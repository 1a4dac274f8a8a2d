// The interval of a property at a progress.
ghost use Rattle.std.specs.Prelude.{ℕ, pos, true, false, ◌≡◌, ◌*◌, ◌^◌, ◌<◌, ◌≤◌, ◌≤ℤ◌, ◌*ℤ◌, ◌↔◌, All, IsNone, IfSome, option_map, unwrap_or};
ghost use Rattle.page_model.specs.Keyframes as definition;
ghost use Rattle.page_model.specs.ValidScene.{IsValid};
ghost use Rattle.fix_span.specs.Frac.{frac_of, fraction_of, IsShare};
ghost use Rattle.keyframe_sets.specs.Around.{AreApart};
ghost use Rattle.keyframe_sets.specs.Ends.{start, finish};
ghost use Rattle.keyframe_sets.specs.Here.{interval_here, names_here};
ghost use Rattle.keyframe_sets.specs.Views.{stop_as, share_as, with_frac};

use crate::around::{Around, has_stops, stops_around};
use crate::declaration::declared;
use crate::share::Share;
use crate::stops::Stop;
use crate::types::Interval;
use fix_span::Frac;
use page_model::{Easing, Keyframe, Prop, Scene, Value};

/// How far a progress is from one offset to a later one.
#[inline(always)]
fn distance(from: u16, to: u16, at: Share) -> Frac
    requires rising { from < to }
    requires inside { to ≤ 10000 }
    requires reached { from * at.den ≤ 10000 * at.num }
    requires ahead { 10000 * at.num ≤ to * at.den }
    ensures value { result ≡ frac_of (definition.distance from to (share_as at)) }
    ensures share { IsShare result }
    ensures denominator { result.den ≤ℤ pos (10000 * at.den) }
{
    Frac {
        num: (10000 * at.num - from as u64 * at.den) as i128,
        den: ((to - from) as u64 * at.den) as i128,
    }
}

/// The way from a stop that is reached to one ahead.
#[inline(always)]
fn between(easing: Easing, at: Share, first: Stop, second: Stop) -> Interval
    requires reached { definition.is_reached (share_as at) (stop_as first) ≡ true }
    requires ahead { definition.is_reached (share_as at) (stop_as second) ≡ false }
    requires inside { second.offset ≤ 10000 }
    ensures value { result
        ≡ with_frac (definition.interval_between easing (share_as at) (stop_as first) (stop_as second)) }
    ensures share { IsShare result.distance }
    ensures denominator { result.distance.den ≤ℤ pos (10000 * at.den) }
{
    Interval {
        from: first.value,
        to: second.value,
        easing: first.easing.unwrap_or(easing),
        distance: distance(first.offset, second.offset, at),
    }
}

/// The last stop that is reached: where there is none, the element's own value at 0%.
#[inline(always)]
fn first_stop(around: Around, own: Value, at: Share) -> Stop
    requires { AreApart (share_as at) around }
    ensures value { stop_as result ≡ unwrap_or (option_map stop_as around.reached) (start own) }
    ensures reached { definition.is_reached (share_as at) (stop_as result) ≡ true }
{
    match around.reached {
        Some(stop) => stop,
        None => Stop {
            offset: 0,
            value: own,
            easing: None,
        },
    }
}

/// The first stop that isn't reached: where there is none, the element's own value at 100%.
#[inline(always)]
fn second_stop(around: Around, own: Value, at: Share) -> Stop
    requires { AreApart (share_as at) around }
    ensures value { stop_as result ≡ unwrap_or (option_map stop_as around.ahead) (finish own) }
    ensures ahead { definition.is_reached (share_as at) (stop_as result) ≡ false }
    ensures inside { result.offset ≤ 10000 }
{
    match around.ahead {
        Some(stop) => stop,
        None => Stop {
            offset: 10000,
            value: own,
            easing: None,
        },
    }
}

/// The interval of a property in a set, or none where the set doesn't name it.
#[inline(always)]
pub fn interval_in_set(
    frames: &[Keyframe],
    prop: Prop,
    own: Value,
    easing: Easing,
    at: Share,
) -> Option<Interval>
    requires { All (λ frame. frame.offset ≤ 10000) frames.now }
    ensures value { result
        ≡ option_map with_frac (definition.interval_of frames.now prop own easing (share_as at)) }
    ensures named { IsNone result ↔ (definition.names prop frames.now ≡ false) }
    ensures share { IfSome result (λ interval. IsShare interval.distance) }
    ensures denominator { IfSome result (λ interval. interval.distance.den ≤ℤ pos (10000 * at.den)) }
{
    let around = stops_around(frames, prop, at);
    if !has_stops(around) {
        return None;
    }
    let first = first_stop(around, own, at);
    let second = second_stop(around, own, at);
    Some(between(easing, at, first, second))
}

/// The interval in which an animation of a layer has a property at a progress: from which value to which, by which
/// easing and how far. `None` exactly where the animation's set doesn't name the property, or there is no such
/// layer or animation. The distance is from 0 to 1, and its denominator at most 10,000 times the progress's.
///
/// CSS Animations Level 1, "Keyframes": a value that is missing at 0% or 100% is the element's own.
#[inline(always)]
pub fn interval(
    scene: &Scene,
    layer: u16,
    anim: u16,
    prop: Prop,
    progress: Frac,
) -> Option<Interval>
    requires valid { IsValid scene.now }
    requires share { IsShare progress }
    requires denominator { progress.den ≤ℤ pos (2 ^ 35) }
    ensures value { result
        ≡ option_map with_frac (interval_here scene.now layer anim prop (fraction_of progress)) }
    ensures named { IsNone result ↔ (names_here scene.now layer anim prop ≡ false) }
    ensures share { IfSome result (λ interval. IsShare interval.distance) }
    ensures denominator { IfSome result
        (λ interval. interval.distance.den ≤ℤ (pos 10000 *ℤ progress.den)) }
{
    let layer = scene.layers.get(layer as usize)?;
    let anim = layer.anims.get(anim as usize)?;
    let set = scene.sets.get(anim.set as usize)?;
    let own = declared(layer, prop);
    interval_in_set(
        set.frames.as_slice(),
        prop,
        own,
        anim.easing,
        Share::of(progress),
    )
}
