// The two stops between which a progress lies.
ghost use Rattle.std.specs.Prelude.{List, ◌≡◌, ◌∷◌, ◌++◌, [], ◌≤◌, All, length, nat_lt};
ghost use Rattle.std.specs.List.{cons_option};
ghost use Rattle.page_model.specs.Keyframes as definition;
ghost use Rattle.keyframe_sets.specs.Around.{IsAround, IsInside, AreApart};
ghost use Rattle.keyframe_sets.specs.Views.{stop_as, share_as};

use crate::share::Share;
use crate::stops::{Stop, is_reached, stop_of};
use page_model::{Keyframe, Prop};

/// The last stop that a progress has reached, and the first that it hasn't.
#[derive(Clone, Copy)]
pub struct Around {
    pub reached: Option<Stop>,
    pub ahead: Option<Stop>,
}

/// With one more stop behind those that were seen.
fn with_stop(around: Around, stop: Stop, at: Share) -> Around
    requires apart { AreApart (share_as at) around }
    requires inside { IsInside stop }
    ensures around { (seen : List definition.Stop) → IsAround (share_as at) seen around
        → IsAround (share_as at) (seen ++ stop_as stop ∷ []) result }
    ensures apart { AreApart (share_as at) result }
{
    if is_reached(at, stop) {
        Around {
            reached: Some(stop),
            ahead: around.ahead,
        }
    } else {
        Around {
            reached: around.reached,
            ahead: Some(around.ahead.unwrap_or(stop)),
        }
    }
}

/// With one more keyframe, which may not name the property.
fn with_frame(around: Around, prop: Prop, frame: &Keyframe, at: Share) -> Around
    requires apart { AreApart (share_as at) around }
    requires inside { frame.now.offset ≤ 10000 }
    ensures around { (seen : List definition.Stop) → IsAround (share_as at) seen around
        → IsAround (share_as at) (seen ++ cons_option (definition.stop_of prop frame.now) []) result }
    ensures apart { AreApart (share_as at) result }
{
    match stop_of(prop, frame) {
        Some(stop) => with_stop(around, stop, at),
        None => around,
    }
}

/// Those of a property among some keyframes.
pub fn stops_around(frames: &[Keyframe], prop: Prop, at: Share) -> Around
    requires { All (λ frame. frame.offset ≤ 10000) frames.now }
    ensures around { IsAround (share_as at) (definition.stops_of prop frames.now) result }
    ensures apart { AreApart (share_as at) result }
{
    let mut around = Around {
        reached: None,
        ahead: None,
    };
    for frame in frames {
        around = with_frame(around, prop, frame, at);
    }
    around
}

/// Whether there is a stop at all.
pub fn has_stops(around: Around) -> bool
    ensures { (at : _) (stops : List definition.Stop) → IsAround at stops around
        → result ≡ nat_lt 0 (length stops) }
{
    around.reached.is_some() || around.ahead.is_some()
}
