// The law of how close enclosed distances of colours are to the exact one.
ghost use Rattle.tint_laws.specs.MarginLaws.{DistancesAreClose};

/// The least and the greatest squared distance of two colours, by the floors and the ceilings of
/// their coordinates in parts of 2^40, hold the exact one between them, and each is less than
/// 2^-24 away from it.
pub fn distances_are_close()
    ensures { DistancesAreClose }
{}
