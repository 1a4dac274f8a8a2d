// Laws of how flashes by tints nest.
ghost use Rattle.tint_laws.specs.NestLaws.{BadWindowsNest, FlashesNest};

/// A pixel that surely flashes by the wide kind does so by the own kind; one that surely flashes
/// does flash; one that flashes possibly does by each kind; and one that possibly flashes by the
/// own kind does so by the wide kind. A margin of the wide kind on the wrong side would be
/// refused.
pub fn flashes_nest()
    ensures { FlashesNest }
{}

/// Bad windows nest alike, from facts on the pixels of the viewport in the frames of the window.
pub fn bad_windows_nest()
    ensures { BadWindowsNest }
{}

--

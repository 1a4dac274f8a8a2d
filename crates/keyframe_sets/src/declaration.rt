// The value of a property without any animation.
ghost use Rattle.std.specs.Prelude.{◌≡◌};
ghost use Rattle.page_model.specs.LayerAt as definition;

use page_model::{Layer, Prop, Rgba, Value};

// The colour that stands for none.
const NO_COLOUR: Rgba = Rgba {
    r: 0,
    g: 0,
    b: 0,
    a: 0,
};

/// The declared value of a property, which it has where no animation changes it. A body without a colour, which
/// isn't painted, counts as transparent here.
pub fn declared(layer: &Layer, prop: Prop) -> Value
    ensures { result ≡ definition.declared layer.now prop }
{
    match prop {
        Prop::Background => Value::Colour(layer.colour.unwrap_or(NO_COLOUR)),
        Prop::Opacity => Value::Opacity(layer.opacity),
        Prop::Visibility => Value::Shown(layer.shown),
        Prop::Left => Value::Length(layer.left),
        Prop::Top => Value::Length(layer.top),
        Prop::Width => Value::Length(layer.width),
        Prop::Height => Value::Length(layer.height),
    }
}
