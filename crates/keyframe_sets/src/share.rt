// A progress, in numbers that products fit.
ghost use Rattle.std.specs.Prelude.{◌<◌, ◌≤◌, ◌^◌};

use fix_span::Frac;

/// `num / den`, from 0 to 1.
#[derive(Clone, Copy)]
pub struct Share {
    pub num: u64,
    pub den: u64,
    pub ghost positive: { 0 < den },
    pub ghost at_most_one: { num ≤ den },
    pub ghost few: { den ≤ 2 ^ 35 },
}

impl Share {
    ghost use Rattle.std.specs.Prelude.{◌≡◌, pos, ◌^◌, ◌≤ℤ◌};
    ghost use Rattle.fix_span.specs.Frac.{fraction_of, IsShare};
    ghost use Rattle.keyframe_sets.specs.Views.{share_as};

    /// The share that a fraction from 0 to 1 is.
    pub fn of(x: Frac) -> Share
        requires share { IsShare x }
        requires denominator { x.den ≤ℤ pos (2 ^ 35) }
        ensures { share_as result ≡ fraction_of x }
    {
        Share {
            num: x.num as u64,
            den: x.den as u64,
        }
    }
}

--

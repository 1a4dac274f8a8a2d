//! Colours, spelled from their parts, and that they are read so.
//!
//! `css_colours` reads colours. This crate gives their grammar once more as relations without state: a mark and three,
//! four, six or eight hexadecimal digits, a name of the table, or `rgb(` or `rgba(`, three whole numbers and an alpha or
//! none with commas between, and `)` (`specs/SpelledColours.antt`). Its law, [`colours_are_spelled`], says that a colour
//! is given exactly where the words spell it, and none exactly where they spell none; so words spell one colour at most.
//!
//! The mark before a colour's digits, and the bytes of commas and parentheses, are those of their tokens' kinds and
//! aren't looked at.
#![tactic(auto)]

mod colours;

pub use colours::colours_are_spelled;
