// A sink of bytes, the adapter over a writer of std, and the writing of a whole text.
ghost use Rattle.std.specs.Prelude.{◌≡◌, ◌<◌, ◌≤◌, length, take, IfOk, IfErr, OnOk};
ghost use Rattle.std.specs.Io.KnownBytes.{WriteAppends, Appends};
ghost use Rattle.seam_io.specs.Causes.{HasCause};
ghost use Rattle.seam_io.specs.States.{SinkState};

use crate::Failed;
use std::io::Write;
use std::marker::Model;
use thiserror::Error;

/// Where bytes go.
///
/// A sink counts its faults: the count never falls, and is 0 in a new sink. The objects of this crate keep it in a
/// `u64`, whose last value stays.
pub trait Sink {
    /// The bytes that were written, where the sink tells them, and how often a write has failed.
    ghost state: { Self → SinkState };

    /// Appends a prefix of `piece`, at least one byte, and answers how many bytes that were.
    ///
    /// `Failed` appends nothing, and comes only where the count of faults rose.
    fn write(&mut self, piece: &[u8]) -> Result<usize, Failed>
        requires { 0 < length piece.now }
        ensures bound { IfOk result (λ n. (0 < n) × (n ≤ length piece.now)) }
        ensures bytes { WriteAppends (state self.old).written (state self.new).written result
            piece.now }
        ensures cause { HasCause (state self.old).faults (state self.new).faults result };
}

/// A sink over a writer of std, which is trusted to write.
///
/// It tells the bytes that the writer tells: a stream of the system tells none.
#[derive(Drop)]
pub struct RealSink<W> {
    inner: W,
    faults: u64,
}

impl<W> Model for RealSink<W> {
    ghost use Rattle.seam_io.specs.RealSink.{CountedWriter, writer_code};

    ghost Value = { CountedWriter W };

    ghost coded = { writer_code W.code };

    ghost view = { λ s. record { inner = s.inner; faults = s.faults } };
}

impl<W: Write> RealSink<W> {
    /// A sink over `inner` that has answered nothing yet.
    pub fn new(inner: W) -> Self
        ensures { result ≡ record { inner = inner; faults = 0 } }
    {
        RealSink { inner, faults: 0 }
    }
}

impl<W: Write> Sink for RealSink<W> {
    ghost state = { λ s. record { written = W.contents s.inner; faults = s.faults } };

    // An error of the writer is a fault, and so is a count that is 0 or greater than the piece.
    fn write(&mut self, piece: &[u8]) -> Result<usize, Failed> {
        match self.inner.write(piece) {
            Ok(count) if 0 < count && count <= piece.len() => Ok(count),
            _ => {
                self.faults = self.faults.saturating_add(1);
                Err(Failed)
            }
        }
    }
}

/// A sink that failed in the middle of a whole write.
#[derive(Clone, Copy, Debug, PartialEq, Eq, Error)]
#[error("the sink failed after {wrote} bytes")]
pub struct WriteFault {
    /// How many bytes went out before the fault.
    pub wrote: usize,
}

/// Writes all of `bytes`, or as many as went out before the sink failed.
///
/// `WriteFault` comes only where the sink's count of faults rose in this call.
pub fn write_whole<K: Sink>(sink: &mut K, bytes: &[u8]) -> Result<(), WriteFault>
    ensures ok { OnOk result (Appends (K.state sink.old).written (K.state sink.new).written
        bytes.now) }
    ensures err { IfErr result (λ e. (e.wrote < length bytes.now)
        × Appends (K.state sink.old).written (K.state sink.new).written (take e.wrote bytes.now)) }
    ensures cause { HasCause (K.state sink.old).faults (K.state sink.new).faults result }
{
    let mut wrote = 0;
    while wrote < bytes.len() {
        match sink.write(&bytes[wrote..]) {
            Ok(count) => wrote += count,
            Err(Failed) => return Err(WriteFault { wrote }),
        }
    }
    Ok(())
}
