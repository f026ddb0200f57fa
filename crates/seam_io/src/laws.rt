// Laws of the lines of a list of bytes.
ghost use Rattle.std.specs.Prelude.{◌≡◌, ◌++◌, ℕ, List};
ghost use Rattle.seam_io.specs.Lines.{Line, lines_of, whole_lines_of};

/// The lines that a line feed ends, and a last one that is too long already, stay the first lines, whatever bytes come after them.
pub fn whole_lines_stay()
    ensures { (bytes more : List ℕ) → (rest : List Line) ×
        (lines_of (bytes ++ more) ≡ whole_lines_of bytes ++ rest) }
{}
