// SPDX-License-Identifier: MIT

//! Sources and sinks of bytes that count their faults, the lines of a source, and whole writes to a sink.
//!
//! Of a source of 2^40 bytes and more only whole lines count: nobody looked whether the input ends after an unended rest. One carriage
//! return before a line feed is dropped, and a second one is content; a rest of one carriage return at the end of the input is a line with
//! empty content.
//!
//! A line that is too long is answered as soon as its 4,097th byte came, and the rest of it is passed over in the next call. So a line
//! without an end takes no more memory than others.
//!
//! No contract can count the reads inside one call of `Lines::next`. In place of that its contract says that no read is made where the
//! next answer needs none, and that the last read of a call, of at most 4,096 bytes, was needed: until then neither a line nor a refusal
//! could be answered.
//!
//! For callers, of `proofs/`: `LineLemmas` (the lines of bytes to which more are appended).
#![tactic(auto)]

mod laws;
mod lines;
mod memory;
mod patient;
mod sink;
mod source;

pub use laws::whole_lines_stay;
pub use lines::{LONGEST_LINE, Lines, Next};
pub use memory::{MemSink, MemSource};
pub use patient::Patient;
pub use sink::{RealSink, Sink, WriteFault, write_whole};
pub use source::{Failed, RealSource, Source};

--

Scan the material above for the word "IfOk", and copy every line in which it is found.

ghost use Rattle.std.specs.Prelude.{◌≡◌, ◌<◌, ◌≤◌, length, take, IfOk, IfErr, OnOk};
        ensures bound { IfOk result (λ n. (0 < n) × (n ≤ length piece.now)) }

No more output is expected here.